• EXERCISE
For the entries that follow, tally the lines holding the string "ResolvedElement". Give the total and nothing else.

• AVAILABLE DATA
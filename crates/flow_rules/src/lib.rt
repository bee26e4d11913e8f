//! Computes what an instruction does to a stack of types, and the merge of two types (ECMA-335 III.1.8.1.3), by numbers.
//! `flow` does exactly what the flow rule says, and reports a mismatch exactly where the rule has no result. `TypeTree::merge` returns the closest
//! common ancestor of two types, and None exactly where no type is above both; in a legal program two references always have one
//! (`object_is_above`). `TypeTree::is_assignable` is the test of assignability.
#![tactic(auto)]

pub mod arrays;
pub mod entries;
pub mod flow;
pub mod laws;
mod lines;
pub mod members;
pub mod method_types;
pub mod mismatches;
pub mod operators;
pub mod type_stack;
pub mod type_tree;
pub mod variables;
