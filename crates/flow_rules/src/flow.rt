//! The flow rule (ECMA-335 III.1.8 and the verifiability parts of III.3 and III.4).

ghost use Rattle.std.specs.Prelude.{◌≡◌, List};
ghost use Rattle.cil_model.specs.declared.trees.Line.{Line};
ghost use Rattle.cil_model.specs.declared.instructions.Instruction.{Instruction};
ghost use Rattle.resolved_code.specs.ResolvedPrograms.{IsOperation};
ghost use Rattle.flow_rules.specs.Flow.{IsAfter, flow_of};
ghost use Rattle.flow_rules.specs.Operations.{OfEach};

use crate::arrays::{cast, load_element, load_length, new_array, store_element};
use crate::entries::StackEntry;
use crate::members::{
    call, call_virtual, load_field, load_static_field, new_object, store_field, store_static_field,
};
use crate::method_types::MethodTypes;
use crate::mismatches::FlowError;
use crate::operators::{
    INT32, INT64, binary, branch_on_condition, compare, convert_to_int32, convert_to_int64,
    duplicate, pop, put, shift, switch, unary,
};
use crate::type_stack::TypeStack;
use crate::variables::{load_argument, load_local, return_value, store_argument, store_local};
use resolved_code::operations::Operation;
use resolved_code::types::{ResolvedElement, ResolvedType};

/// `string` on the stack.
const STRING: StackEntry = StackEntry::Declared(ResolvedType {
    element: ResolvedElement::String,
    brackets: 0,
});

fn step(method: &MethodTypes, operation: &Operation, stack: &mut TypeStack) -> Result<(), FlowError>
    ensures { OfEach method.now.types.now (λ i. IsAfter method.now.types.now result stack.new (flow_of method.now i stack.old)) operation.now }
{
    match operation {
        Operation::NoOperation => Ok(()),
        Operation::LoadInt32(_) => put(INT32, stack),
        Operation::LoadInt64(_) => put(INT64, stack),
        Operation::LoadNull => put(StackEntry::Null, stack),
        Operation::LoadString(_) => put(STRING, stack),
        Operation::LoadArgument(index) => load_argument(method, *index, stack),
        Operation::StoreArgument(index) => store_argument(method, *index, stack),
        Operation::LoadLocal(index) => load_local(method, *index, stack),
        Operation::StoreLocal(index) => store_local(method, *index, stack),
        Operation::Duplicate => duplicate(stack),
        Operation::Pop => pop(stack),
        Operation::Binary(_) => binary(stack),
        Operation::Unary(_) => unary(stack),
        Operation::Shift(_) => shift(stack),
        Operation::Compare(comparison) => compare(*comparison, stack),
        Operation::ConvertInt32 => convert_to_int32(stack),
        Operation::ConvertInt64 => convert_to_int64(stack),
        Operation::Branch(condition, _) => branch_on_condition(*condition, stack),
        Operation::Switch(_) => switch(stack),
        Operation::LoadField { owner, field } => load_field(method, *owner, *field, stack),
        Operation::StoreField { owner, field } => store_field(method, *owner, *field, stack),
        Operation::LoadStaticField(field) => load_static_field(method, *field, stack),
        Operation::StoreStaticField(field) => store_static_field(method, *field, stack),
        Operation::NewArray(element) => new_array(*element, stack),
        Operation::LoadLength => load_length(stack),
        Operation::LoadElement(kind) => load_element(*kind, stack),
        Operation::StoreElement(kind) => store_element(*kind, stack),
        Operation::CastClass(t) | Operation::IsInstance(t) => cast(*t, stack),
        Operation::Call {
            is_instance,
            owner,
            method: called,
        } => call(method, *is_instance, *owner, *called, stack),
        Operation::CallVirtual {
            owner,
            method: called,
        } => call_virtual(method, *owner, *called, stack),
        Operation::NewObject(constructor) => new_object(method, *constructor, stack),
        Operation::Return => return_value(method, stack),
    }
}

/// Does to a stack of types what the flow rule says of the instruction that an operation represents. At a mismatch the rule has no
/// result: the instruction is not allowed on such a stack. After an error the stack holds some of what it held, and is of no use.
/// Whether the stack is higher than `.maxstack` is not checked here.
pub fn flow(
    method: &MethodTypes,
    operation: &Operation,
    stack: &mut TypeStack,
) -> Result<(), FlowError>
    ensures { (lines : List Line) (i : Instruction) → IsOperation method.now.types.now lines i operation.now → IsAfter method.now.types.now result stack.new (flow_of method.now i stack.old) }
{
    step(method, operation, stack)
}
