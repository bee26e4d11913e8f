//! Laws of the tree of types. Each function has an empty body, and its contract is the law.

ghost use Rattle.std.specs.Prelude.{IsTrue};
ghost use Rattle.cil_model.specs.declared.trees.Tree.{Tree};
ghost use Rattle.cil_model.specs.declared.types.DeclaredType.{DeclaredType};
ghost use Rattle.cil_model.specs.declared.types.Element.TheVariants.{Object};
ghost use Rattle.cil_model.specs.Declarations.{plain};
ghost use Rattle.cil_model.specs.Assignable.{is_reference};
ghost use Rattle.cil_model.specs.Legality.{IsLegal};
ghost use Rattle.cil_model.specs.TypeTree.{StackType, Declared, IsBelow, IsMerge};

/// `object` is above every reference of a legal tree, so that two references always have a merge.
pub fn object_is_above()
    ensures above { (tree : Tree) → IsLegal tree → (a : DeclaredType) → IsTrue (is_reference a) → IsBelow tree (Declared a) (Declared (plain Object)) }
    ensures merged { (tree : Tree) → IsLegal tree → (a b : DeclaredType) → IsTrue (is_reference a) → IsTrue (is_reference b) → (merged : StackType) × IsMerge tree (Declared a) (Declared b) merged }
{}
...
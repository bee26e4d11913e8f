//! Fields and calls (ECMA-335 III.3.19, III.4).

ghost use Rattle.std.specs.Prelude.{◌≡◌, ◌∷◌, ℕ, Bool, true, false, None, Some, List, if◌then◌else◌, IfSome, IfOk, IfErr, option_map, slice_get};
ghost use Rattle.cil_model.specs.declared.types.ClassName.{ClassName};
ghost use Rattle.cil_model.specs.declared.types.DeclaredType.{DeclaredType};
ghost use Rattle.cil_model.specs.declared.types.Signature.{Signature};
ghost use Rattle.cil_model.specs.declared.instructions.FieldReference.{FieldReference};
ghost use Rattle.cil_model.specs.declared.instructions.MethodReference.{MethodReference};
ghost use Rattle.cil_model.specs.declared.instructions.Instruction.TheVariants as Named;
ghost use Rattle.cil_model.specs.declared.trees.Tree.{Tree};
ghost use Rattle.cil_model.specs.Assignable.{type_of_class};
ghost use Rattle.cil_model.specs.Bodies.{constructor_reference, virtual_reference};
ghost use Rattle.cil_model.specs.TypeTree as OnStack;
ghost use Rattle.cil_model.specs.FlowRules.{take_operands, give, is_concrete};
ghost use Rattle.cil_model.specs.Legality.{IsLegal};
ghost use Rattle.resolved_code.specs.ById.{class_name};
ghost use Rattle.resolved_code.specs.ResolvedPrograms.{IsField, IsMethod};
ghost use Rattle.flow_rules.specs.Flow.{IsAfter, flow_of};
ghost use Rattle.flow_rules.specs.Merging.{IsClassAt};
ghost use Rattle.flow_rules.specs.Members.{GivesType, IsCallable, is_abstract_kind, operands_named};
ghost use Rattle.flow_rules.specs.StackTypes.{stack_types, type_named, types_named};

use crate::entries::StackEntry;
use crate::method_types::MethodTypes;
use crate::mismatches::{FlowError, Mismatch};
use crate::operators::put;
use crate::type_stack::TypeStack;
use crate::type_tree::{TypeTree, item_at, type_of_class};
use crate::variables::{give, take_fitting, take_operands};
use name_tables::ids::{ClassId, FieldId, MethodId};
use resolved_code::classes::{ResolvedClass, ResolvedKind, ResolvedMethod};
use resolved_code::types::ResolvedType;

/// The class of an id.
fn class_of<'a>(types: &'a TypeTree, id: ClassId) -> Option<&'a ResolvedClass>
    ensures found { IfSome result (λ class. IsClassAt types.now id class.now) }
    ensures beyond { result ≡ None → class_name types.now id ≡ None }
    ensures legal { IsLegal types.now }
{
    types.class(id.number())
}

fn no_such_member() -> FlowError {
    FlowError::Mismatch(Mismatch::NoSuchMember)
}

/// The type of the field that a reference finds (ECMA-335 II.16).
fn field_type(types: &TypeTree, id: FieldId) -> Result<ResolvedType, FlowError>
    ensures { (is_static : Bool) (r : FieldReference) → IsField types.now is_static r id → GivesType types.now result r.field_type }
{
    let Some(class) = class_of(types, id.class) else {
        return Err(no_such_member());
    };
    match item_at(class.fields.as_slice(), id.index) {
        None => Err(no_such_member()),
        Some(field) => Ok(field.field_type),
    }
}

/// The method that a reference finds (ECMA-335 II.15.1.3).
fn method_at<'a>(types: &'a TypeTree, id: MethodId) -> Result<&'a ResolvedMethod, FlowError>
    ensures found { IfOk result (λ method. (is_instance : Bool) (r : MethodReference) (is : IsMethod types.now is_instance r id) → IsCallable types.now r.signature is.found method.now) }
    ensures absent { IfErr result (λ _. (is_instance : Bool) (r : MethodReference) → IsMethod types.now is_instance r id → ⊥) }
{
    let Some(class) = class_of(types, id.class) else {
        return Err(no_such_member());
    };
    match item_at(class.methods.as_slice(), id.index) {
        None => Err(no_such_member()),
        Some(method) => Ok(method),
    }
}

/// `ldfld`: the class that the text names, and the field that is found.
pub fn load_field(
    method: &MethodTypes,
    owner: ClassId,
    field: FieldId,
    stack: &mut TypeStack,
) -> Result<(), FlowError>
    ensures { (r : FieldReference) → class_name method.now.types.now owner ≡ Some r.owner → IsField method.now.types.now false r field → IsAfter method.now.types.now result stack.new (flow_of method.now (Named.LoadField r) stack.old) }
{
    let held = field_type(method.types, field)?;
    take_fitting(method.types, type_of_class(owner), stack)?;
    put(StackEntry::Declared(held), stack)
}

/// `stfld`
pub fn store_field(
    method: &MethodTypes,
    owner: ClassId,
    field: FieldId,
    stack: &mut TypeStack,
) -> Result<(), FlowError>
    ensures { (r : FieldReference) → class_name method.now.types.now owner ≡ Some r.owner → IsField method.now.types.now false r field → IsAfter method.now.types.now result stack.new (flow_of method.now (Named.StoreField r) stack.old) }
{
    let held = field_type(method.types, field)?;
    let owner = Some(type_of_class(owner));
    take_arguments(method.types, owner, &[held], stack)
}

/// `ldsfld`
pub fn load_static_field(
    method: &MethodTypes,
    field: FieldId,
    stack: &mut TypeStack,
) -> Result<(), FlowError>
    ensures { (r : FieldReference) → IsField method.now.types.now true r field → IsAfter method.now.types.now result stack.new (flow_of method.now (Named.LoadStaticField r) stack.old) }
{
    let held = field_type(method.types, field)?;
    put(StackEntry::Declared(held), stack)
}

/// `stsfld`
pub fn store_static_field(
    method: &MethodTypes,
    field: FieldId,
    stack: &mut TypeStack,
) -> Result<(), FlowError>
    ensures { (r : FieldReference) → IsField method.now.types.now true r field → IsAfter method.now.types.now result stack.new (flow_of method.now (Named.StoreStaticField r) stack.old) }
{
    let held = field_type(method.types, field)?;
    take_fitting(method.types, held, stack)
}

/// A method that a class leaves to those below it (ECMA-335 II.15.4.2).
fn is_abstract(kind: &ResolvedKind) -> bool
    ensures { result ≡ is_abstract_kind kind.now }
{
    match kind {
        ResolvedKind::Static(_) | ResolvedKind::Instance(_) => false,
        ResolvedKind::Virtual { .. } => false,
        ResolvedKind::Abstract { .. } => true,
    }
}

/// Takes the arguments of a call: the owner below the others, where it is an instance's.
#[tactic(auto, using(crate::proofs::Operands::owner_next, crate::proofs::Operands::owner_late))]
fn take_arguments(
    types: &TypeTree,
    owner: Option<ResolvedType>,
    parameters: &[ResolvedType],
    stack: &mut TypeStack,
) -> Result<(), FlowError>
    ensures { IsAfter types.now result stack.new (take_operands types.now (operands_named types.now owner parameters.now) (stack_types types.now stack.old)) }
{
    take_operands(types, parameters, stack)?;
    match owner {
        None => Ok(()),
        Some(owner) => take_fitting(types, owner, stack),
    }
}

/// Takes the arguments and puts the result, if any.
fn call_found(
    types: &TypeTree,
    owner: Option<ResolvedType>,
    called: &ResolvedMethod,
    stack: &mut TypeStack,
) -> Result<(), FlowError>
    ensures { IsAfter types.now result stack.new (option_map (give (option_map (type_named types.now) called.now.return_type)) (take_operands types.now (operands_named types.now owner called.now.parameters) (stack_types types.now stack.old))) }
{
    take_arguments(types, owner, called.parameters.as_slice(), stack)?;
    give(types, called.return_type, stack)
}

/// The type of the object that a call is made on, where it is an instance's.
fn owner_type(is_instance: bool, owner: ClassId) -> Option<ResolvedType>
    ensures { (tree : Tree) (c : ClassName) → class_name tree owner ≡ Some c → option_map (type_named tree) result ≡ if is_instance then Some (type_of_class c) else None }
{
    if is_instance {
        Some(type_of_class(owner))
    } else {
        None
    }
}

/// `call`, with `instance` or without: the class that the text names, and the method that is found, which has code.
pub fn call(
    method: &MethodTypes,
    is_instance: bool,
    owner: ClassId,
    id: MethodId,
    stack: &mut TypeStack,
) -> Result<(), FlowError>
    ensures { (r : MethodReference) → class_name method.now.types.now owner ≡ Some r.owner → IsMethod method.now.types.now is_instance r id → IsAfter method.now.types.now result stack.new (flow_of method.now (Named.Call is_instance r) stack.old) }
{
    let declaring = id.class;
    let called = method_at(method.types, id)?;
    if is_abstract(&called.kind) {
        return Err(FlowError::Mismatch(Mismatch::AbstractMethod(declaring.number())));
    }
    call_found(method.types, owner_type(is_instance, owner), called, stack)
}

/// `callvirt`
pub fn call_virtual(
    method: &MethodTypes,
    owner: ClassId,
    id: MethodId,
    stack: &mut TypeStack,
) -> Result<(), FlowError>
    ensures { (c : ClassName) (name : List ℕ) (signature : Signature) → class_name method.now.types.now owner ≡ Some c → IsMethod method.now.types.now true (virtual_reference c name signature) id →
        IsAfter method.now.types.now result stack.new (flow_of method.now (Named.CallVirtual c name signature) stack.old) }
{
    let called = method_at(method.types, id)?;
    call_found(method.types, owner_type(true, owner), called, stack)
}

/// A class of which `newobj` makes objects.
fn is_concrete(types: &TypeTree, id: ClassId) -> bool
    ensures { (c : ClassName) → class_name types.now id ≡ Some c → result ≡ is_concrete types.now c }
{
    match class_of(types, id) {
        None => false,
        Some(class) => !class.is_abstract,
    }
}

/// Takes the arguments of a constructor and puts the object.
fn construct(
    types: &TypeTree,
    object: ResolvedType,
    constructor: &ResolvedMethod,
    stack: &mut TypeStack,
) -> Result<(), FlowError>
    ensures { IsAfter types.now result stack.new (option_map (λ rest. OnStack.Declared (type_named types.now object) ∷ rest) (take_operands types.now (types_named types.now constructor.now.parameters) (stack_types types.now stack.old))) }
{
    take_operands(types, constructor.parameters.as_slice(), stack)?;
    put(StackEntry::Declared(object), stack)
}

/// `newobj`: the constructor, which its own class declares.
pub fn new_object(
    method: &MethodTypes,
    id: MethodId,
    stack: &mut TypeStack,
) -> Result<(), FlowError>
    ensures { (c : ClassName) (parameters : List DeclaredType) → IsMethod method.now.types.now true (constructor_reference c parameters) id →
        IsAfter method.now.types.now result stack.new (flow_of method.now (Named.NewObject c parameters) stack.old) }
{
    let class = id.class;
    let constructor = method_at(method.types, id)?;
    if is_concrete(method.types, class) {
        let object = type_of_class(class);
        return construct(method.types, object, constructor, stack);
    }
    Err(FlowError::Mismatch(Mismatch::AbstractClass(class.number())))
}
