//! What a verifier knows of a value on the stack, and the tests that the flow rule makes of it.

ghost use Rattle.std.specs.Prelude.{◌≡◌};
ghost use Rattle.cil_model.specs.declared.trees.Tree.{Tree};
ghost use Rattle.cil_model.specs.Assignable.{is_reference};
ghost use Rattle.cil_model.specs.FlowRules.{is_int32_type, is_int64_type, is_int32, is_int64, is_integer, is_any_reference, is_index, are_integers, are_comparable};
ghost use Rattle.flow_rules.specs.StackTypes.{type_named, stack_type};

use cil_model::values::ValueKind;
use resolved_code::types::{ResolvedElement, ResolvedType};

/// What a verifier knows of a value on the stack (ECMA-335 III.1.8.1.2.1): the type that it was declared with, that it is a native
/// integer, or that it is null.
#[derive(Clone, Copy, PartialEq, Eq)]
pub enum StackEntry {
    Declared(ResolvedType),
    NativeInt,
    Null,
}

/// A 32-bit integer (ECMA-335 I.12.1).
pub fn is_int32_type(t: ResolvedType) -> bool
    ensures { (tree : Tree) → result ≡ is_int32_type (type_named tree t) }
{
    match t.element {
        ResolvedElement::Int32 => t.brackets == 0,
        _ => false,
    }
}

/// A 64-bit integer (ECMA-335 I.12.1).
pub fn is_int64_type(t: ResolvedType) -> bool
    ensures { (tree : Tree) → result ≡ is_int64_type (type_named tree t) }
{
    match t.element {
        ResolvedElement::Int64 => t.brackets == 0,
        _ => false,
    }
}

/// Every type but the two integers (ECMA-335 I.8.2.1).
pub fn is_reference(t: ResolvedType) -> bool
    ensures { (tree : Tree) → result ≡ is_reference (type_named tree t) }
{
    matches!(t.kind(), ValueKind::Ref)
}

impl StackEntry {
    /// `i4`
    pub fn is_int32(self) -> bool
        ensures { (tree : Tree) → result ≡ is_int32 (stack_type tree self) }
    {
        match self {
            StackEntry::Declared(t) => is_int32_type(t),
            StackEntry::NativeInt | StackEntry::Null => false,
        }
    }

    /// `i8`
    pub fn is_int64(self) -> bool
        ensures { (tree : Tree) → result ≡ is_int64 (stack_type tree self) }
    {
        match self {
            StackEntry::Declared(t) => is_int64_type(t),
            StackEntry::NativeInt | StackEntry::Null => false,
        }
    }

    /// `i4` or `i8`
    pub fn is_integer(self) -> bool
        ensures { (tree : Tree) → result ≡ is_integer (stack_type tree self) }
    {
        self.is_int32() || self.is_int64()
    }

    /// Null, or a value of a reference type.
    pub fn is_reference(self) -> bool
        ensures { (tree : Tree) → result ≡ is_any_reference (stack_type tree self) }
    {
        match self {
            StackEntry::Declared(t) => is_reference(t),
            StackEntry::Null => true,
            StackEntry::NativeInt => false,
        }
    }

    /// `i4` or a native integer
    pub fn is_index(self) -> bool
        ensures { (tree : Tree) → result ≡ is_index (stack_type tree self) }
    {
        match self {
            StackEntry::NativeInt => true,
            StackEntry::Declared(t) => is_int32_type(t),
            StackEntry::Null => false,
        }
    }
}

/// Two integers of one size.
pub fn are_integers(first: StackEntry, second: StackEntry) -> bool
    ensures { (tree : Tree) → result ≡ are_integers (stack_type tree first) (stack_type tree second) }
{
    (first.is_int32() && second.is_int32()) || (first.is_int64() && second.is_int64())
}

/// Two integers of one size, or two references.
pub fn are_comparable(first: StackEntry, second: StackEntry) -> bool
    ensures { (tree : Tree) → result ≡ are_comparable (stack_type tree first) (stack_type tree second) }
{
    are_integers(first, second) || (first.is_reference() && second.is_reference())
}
---
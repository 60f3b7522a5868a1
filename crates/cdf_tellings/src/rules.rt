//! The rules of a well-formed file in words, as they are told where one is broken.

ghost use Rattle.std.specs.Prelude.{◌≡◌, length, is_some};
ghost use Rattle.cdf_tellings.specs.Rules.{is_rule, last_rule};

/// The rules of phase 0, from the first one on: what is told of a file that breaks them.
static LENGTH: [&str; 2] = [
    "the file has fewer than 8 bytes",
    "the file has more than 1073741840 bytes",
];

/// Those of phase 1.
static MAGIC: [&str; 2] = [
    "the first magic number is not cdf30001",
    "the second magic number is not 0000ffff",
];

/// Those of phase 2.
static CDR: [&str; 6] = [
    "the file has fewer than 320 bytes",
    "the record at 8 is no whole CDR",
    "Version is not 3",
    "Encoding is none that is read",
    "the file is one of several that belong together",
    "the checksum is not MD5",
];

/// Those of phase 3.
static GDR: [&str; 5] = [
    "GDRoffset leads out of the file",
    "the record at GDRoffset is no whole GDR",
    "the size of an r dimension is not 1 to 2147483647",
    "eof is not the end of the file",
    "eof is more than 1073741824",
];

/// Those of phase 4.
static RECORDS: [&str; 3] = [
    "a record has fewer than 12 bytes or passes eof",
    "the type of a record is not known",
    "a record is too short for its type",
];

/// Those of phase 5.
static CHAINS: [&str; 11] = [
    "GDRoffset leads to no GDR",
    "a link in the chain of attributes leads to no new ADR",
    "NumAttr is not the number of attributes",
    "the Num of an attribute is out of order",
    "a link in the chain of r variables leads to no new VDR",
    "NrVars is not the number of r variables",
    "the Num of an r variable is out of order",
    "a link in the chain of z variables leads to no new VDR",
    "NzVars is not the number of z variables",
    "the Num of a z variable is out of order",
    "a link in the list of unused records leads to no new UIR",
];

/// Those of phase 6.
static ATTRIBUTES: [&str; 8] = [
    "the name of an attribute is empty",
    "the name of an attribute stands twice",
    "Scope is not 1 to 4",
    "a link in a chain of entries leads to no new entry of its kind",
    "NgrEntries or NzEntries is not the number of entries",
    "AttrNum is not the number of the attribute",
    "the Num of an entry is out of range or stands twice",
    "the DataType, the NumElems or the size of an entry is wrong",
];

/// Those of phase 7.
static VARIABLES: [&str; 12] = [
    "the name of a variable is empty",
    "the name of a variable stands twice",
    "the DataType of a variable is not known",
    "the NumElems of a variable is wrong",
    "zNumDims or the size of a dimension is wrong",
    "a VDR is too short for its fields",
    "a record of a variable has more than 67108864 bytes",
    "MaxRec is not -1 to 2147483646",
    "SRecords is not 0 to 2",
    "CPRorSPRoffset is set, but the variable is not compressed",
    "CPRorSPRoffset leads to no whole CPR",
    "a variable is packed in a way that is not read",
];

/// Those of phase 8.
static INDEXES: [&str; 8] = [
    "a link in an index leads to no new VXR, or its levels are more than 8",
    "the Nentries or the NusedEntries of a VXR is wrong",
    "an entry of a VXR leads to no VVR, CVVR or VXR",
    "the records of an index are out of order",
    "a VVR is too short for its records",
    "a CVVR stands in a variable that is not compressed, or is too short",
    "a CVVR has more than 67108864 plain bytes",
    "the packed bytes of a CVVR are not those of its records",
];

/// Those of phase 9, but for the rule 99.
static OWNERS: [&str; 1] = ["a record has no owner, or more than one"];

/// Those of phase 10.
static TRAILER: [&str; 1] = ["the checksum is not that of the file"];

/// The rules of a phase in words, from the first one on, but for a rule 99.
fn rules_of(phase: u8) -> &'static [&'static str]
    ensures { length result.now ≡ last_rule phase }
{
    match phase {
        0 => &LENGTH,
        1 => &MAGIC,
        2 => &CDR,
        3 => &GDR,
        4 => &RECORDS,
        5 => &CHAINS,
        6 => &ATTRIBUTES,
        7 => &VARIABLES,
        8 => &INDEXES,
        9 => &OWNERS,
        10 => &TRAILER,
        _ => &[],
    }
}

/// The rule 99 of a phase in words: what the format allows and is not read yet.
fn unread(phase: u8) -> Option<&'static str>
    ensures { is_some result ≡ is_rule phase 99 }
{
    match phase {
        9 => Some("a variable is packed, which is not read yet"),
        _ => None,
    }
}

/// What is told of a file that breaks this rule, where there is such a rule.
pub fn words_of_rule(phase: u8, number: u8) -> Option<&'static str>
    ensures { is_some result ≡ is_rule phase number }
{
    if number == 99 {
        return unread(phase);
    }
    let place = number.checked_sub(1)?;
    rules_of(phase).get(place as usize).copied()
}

• COMPLETED TASK
5